I felt insane most of that time and confusion was screaming at me. My faith was attacked every step of the way. God pulled the rug out from under my reality. When I found BT God pulled the rug out even more.

I learned that a lot of those hard questions were the flaming arrows of the evil one that were used to attack God's character. They put fear and doubt in my heart. Even this was all a process in my life to strengthen me. I learned to not doubt God even though I didn't have the answer yet. I learned that God is good even though some things make him look bad from our limited sight. I learned that all my thoughts that attacked God's character were not of God. The wrestling I went through was my carnal man wrestling against the will of God.

My son is an alcoholic and has been for years. He is so close to death so many times and my heart aches. I've had to go through such hard lessons through all of that. I've had to learn to accept the unacceptable and do things no mother should have to do.

My grandson and granddaughter have chronic daily migraines. They have never been able to go to school or play like other kids. My grandson hasn't been able to get out of bed for the last six weeks.

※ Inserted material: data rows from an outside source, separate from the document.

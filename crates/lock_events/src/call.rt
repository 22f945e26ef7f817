//! A call on a condition variable, step by step.
ghost use Rattle.std.specs.Prelude.{◌≡◌, true};

use crate::action::EventAction;
use crate::stage::EventStage;
use crate::word::{EventWord, LAST_EPOCH, ONE_WAIT};

/// So many exchanges a notification may lose. Then it begins the last epoch by a step that cannot be lost.
const MOST_LOST: u32 = 1000;

/// A call on a condition variable between two of its steps: a wait, or a notification.
///
/// A wait first registers, then releases its mutex, and then sleeps. In another order, a notification between the release
/// and the registration would be lost.
#[derive(Clone, Copy, PartialEq, Eq, Debug)]
pub struct EventCall {
    /// The step whose answer the call awaits.
    pub stage: EventStage,
    /// Whether the notification wakes all waits. A wait does not read it.
    pub all: bool,
    /// Whether the deadline of the wait has passed.
    pub late: bool,
    /// How many exchanges the notification has lost.
    pub lost: u32,
    /// The word that the call found last, as `EventWord` decodes it.
    pub loaded: u64,
    /// The epoch in which a wait sleeps, or which begins by a notification.
    pub epoch: u64,
}

impl EventCall {
    ghost use Rattle.lock_events.specs.Events.{waiting, notifying, event_at, event_next, action_of, event_to, wait_at, notify_at, ended_epoch, after_loss, is_notified};

    /// Begins a wait, whose caller holds the mutex. Returns the call and its first action.
    pub fn wait() -> (EventCall, EventAction)
        ensures { result ≡ (waiting, action_of waiting) }
    {
        let call = EventCall {
            stage: EventStage::Look,
            all: false,
            late: false,
            lost: 0,
            loaded: 0,
            epoch: 0,
        };
        (call, EventAction::Load)
    }

    /// Begins a notification of all waits, or of one. Returns the call and its first action.
    pub fn notify(all: bool) -> (EventCall, EventAction)
        ensures { result ≡ (notifying all, action_of (notifying all)) }
    {
        let call = EventCall {
            stage: EventStage::FindWaits,
            all,
            late: false,
            lost: 0,
            loaded: 0,
            epoch: 0,
        };
        (call, EventAction::Load)
    }

    /// Takes the answer to the last action, and returns the next action.
    pub fn next(&mut self, found: u64) -> EventAction
        ensures call { self.new ≡ event_next found self.old }
        ensures action { result ≡ action_of self.new }
    {
        match self.stage {
            EventStage::CountIn if found == self.loaded => {
                self.to(EventStage::Unlock, EventAction::Unlock)
            }
            EventStage::Look | EventStage::CountIn => self.register(found),
            EventStage::Unlock => self.to(EventStage::Sleep, EventAction::Park(self.epoch)),
            EventStage::UnlockAway => self.to(EventStage::YieldAway, EventAction::Yield),
            EventStage::Sleep => self.leave(found),
            EventStage::Leave => self.to(EventStage::Lock, EventAction::Lock),
            EventStage::YieldAway => self.return_away(found),
            EventStage::Lock | EventStage::Waited => self.end_wait(),
            EventStage::EndEpoch if found == self.loaded => self.wake_after_epoch(),
            EventStage::EndEpoch => self.look_after_loss(found),
            EventStage::FindWaits => self.notify_found(found),
            EventStage::EndAllEpochs => self.wake(),
            EventStage::Wake | EventStage::Notified => self.end_notification(EventStage::Notified),
            EventStage::Skipped => self.end_notification(EventStage::Skipped),
        }
    }

    fn register(&mut self, found: u64) -> EventAction
        ensures call { self.new ≡ wait_at found self.old }
        ensures action { result ≡ action_of self.new }
    {
        let word = EventWord::of(found);
        if !word.takes_in() {
            return self.to(EventStage::UnlockAway, EventAction::Unlock);
        }
        let counted = word.with_wait();
        self.loaded = found;
        self.epoch = counted.epoch;
        self.to(
            EventStage::CountIn,
            EventAction::Exchange(found, counted.word()),
        )
    }

    /// Ends a sleep. An answer other than 0 says that the deadline has passed.
    fn leave(&mut self, answer: u64) -> EventAction
        ensures call { self.new ≡ event_at EventStage.Sleep answer self.old }
        ensures action { result ≡ action_of self.new }
    {
        self.late = answer != 0;
        self.to(EventStage::Leave, EventAction::Subtract(ONE_WAIT))
    }

    /// Ends the yield of a wait that did not register. The answer is that of a sleep.
    fn return_away(&mut self, answer: u64) -> EventAction
        ensures call { self.new ≡ event_at EventStage.YieldAway answer self.old }
        ensures action { result ≡ action_of self.new }
    {
        self.late = answer != 0;
        self.to(EventStage::Lock, EventAction::Lock)
    }

    fn end_wait(&mut self) -> EventAction
        ensures call { self.new ≡ event_to EventStage.Waited self.old }
        ensures action { result ≡ action_of self.new }
    {
        let is_in_time = !self.late;
        self.to(EventStage::Waited, EventAction::End(is_in_time))
    }

    fn notify_found(&mut self, found: u64) -> EventAction
        ensures call { self.new ≡ notify_at found self.old }
        ensures action { result ≡ action_of self.new }
    {
        let word = EventWord::of(found);
        self.loaded = found;
        if word.has_none(self.all) {
            return self.end_notification(EventStage::Skipped);
        }
        if word.epoch >= LAST_EPOCH {
            self.epoch = word.epoch;
            return self.wake();
        }
        self.epoch = word.epoch + 1;
        let ended = word.in_next_epoch(self.all).word();
        self.to(EventStage::EndEpoch, EventAction::Exchange(found, ended))
    }

    /// Looks at the word that a lost exchange found. After too many, it begins the last epoch.
    fn look_after_loss(&mut self, found: u64) -> EventAction
        ensures call { self.new ≡ after_loss found self.old }
        ensures action { result ≡ action_of self.new }
    {
        if self.lost < MOST_LOST {
            self.lost += 1;
            return self.notify_found(found);
        }
        self.all = true;
        self.epoch = LAST_EPOCH;
        self.to(EventStage::EndAllEpochs, EventAction::Or(LAST_EPOCH))
    }

    /// Wakes after the exchange that ended the epoch. In the last epoch all are woken, and leave.
    fn wake_after_epoch(&mut self) -> EventAction
        ensures call { self.new ≡ ended_epoch self.old }
        ensures action { result ≡ action_of self.new }
    {
        self.all = self.all || self.epoch == LAST_EPOCH;
        self.wake()
    }

    fn wake(&mut self) -> EventAction
        ensures call { self.new ≡ event_to EventStage.Wake self.old }
        ensures action { result ≡ action_of self.new }
    {
        let action = if self.all {
            EventAction::WakeAll
        } else {
            EventAction::WakeOne
        };
        self.to(EventStage::Wake, action)
    }

    fn end_notification(&mut self, stage: EventStage) -> EventAction
        requires { is_notified stage ≡ true }
        ensures call { self.new ≡ event_to stage self.old }
        ensures action { result ≡ action_of self.new }
    {
        let found_some = EventWord::of(self.loaded).count != 0;
        self.to(stage, EventAction::End(found_some))
    }

    fn to(&mut self, stage: EventStage, action: EventAction) -> EventAction
        ensures call { self.new ≡ event_to stage self.old }
        ensures action { result ≡ action }
    {
        self.stage = stage;
        action
    }
}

He has a migraine 24 hours a day now.

I do not have joy through these trials, but God has taught me to accept his will and most of the time I can believe that his plan is good. I do fall into a day of despair now and then though.

Romans 5:3-5

 3And not only this, but we also exult in our tribulations, knowing that tribulation brings about perseverance;

 4and perseverance, proven character; and proven character, hope;

 5and hope does not disappoint, because the love of God has been poured out within our hearts through the Holy Spirit who was given to us.


God has never failed to answer my questions even though it took years sometimes. I had to learn that I could not lean on my own understanding. I think that might be what you are learning now through this process. Just another rug being pulled out from under you. He is faithful though. I might not be able to trust in my own understanding, but I can trust that he understands all and he is in charge of me.